Skąd się bierze taka powszechność kolonoskopii w Ameryce?
Osoby, autorytety medyczne wypowiadające się w obu artykułach zwracają uwagę na dwie najważniejsze czynniki. Sprawa pierwsza to kwestia mówienia bez wstydu o chorobie i oczywiście polityki zdrowotnej państwa. W Stanach Zjednoczonych duże środki są kierowane na informowanie o chorobie i sposobach walki z nią. Najważniejsza jest jednak powszechna otwartość w mówieniu tak o badaniu kolonoskopowym, jak i samej raku jelita grubego. Powszechnie znana jest historia jednej z największych postaci amerykańskiej popkultury Farrah Fawcett. W 2000 r. gwiazda amerykańskiego dziennikarstwa, Katie Couric poddała się kolonoskopii przed kamerami telewizyjnymi. W tym roku (2022) podobnie otwarcie do kolonskopii podeszli dwaj znani aktorzy Ryan Reynolds i Rob McElhenne. W Europie, na pewno w Polsce rak jelita grubego i kolonoskopia są ciągle tematami tabu. Osoby, które przez to przeszły lub te, które zmagają się z tą chorobą wstydzą się mówić o tym otwarcie.
Drugą wielką różnicą pomiędzy praktyką europejską a amerykańską, której absolutnie nie byłam świadoma są warunki przeprowadzania tego zabiegu. W Stanach Zjednoczonych każda kolonoskopia wykonywana jest w znieczuleniu. W projekcie NORDICC kolonoskopie były wykonywane w przeważającej części bez tego ułatwienia. Tylko 22% uczestników przeszło przez to badanie w komfortowy sposób (11% w Norwegii, 23% w Polsce, 46% w Szwecji). To oczywiście bardzo duża różnica. Wiele osób kojarzy więc to badanie z bólem i jest to główny powód dla którego albo z niego całkowicie rezygnują albo przekładają „na później”

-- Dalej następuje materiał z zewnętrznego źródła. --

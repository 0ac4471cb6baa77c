//! Adler-32: two sums modulo 65521.

ghost use Rattle.std.specs.Prelude.{◌≡◌, ◌+◌, ◌*◌, ◌%◌, ◌≤◌, ◌<◌, length, sum};
ghost use Rattle.rpm_pkgdb.specs.Prelude.{sums, weights};

/// How many bytes are added up with no remainder taken: the second sum, at most 65520 + 3840 * (65520 + 3840 * 255),
/// fits a `u32`.
const RUN: usize = 3840;

/// The sum of a block.
fn total(block: &[u8; 64]) -> u32
    ensures total { result ≡ sum block.now }
    ensures few { result ≤ 16320 }
{
    let mut total = 0u32;
    for x in block {
        total += *x as u32;
    }
    total
}

/// What a block adds to the second sum where the first was 0. No step waits for the one before, so a processor does
/// several at once.
fn weighted(block: &[u8; 64]) -> u32
    ensures weighted { result ≡ weights block.now }
    ensures few { result ≤ 1044480 }
{
    let mut weighted = 0u32;
    let mut weight = 64u32;
    for x in block {
        weighted += weight * *x as u32;
        weight -= 1;
    }
    weighted
}

/// The two sums over few bytes, with one remainder at the end.
fn byte_sums(a: u32, b: u32, bytes: &[u8]) -> (u32, u32)
    requires a { a + 255 * length bytes.now ≤ 1044720 }
    requires b { b + 1044720 * length bytes.now ≤ 4011790320 }
    ensures sums { result ≡ sums (a % 65521) (b % 65521) bytes.now }
    ensures first { result.0 < 65521 }
    ensures second { result.1 < 65521 }
{
    let mut low = a;
    let mut high = b;
    for x in bytes {
        low += *x as u32;
        high += low;
    }
    (low % 65_521, high % 65_521)
}

/// The two sums over a run, block by block.
fn run_sums(a: u32, b: u32, bytes: &[u8]) -> (u32, u32)
    requires few { length bytes.now ≤ 3840 }
    requires a { a < 65521 }
    requires b { b < 65521 }
    ensures sums { result ≡ sums a b bytes.now }
    ensures first { result.0 < 65521 }
    ensures second { result.1 < 65521 }
{
    let mut low = a;
    let mut high = b;
    let mut rest = bytes;
    while let Some((block, more)) = rest.split_first_chunk::<64>() {
        high += 64 * low + weighted(block);
        low += total(block);
        rest = more;
    }
    byte_sums(low, high, rest)
}

/// The two sums of Adler-32, carried on. Takes some 1.3 instructions a byte.
pub fn sums(a: u32, b: u32, bytes: &[u8]) -> (u32, u32)
    requires a { a < 65521 }
    requires b { b < 65521 }
    ensures sums { result ≡ sums a b bytes.now }
    ensures first { result.0 < 65521 }
    ensures second { result.1 < 65521 }
{
    let mut low = a;
    let mut high = b;
    let mut rest = bytes;
    while !rest.is_empty() {
        let (run, more) = rest.split_at(rest.len().min(RUN));
        (low, high) = run_sums(low, high, run);
        rest = more;
    }
    (low, high)
}
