//! A blob that is put: its blocks, written beside the others, named by a slot, and then what it replaces becomes zeros.

ghost use Rattle.std.specs.Prelude.{◌≡◌, ℕ, ◌+◌, ◌-◌, ◌*◌, ◌/◌, ◌%◌, ◌^◌, ◌≤◌, ◌<◌, ◌++◌, IsTrue, length, take, drop, replicate, OnOk, IfSome};
ghost use Rattle.rpm_pkgdb.specs.Prelude.{adler, Anything, BlobPut, BlobTorn, blocks_for, CanPut, FieldPut, FieldTorn, Files, framed_blob, HasRoomFor, head_of, IsBlobPut, IsDurable, next_field, next_unit, padding, Pkg, pkg, with_units, Quiet, SameOutside, CrashLeavesFile, Store, summed_bytes, tail_of, unit_at, units_of, WhilePut, Writes};

use crate::checksum::sums;
use crate::plan::Target;
use crate::slot::Slot;
use crate::units::{
    blob_head, blob_tail, next_unit, slot_unit, sync_pkg, write_one, write_units, write_zeros,
};
use rpm_outside::{Disk, Failed};

/// The Adler-32 of a head, the bytes and zeros.
fn adler(head: &[u8], blob: &[u8], zeros: &[u8]) -> u32
    ensures { result ≡ adler (head.now ++ (blob.now ++ zeros.now)) }
{
    let (a, b) = sums(1, 0, head);
    let (c, d) = sums(a, b, blob);
    let (low, high) = sums(c, d, zeros);
    high * 65_536 + low
}

/// The last bytes of a blob, zeros, and the tail, up to an end.
fn last_bytes(rest: &[u8], tail: &[u8; 12], end: usize) -> [u8; 32]
    requires room { length rest.now + 12 ≤ end }
    requires end { end ≤ 32 }
    ensures { take end result ≡ (rest.now ++ replicate (end - 12 - length rest.now) 0) ++ tail.now }
{
    let mut last = [0u8; 32];
    last[..rest.len()].copy_from_slice(rest);
    last[end - 12..end].copy_from_slice(tail);
    last
}

/// What follows the last whole unit of a blob: its last bytes, zeros and the tail, in one unit or two; and how many
/// bytes they are.
fn last_units(head: &[u8; 16], blob: &[u8]) -> ([u8; 32], usize)
    requires { length blob.now ≤ 68157432 }
    ensures bytes { take result.1 result.0 ≡ (drop (16 * (length blob.now / 16)) blob.now ++ padding (length blob.now))
        ++ tail_of (adler (head.now ++ (blob.now ++ padding (length blob.now)))) (length blob.now) }
    ensures end { result.1 ≡ 16 * (blocks_for (length blob.now) - 1 - length blob.now / 16) }
    ensures some { 16 ≤ result.1 }
    ensures room { result.1 ≤ 32 }
{
    let rest = &blob[16 * (blob.len() / 16)..];
    let end = 16 * ((rest.len() + 27) / 16);
    let zeros = [0u8; 16];
    let sum = adler(head, blob, &zeros[..end - 12 - rest.len()]);
    let tail = blob_tail(sum, blob.len() as u32);
    (last_bytes(rest, &tail, end), end)
}

/// Writes whole units, or nothing where there are none.
fn write_some<D: Disk>(disk: &mut D, at: u64, bytes: &[u8]) -> Result<(), Failed>
    requires whole { length bytes.now % 16 ≡ 0 }
    requires room { at + length bytes.now / 16 ≤ 2 ^ 28 }
    requires inside { IsTrue D.tells → at ≤ length (D.files disk.old).pkg }
    ensures written { OnOk result (IsTrue D.tells → (D.files disk.new).pkg ≡ with_units at (units_of bytes.now) (D.files disk.old).pkg) }
    ensures writes { Writes D.Disk Pkg (SameOutside at (length bytes.now / 16)) 0 result disk.old disk.new }
{
    if bytes.is_empty() {
        return Ok(());
    }
    write_units(disk, at, bytes)
}

/// Writes the blocks of a blob, in at most three writes and without a copy of its bytes.
pub fn write_blob<D: Disk>(
    disk: &mut D,
    start: u32,
    number: u32,
    generation: u32,
    blob: &[u8],
) -> Result<(), Failed>
    requires few { length blob.now ≤ 68157432 }
    requires room { start + blocks_for (length blob.now) ≤ 2 ^ 28 }
    ensures written { OnOk result (IsTrue D.tells
        → (D.files disk.new).pkg ≡ with_units start (units_of (framed_blob number generation blob.now)) (D.files disk.old).pkg) }
    ensures writes { Writes D.Disk Pkg (SameOutside start (blocks_for (length blob.now))) 0 result disk.old disk.new }
{
    let head = blob_head(number, generation, blob.len() as u32);
    let whole = blob.len() / 16;
    let (last, end) = last_units(&head, blob);
    let at = start as u64 + 1;
    write_units(disk, start as u64, &head)?;
    write_some(disk, at, &blob[..16 * whole])?;
    write_units(disk, at + whole as u64, &last[..end])
}

/// Writes the number field, or nothing.
fn write_field<D: Disk>(disk: &mut D, next: Option<u32>) -> Result<(), Failed>
    ensures written { OnOk result (IsTrue D.tells → FieldPut next (D.files disk.old).pkg (D.files disk.new).pkg) }
    ensures bytes { OnOk result (IsTrue D.tells → IfSome next (λ n. unit_at (D.files disk.new).pkg 1 ≡ next_unit n)) }
    ensures writes { Writes D.Disk Pkg (FieldTorn next) 0 result disk.old disk.new }
{
    match next {
        None => Ok(()),
        Some(number) => write_units(disk, 1, &next_unit(number)),
    }
}

/// Writes a blob and the number field, and makes them durable.
fn write_first<D: Disk>(
    disk: &mut D,
    target: &Target,
    generation: u32,
    blob: &[u8],
) -> Result<(), Failed>
    requires few { length blob.now ≤ 68157432 }
    requires room { target.now.start + blocks_for (length blob.now) ≤ 2 ^ 28 }
    requires number { target.now.number < 4294967295 }
    ensures written { OnOk result (IsTrue D.tells
        → BlobPut target.now.start (units_of (framed_blob target.now.number generation blob.now)) (next_field target.now)
        (D.files disk.old).pkg (D.files disk.new).pkg) }
    ensures next { OnOk result (IsTrue D.tells → IfSome (next_field target.now) (λ n. unit_at (D.files disk.new).pkg 1 ≡ next_unit n)) }
    ensures durable { OnOk result (IsTrue D.tells → IsDurable D.Disk Pkg disk.new) }
    ensures writes { Writes D.Disk Pkg (BlobTorn target.now.start (blocks_for (length blob.now))
        (next_field target.now)) 0 result disk.old disk.new }
{
    write_blob(disk, target.start, target.number, generation, blob)?;
    write_field(disk, target.next_field())?;
    sync_pkg(disk)
}

/// Puts a blob, and makes the blocks of the slot zeros that it replaces.
pub fn put_blob<D: Disk>(
    disk: &mut D,
    target: &Target,
    generation: u32,
    old: Slot,
    blob: &[u8],
) -> Result<(), Failed>
    requires { HasRoomFor target.now old (length blob.now) }
    ensures put { OnOk result (IsTrue D.tells → IsBlobPut D.Disk disk.old disk.new target.now generation old blob.now) }
    ensures images { IsTrue D.tells → (value : Store) → CanPut value target.now generation old blob.now
        → Quiet D.Disk disk.old value → CrashLeavesFile D.Disk disk.old disk.new
        (WhilePut value target.now generation blob.now (pkg D.Disk disk.old)) }
    ensures writes { Writes D.Disk Pkg Anything 0 result disk.old disk.new }
{
    write_first(disk, target, generation, blob)?;
    write_one(disk, 2 + target.place as u64, &slot_unit(target.slot()))?;
    // Only now: until the slot is durable they are the package.
    write_zeros(disk, old.offset, old.count)
}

Brak komfortu przechodzenia przez to badanie ma też swój skutek w samych jego rezultatach. Przypomnę, że zadaniem kolonoskopii jest nie tylko zidentyfikowanie choroby na wczesnym etapie, ale również usunięcie zmian, które w czasie mogą zmienić się w chorobę nowotworową. Lekarz przeprowadzający badanie działający pod presją bólu pacjenta wykonuje je mimowolnie szybciej niż gdyby wykonywał je w sytuacji znieczulenia. Może to mieć swoje konsekwencje w ogólnej skuteczności tego badania, przede wszystkim w liczbie usuniętych zmian.
Rak jelita grubego to jeden z tych nowotworów, którego rozwojowi najłatwiej jest zapobiec!
Na koniec muszę podkreślić, że Rak jelita grubego to jeden z tych nowotworów, którego rozwojowi najłatwiej jest zapobiec. Wystarczy regularne, w cyklu 10 letnim wykonywanie badania kolonoskopijne. To najlepsze, najwięcej zmieniające badanie profilaktyczne jelita grubego. W Polsce uruchomiono właśnie, powszechny program badań kolonoskopowych dla osób, które przekroczyły 50 r. życia. Na badanie można zapisać się bez skierowania i jest ono wykonywane na życzenie ze znieczuleniem. Mam jednak obawę, że ciągle niewiele osób o tym słyszało i zbyt mało osób z tej możliwości skorzysta. Bez odpowiedniej akcji propagandowej, w której wzięłyby udział znane postaci z życia publicznego pozytywny skutek tego projekty może być bardzo ograniczony.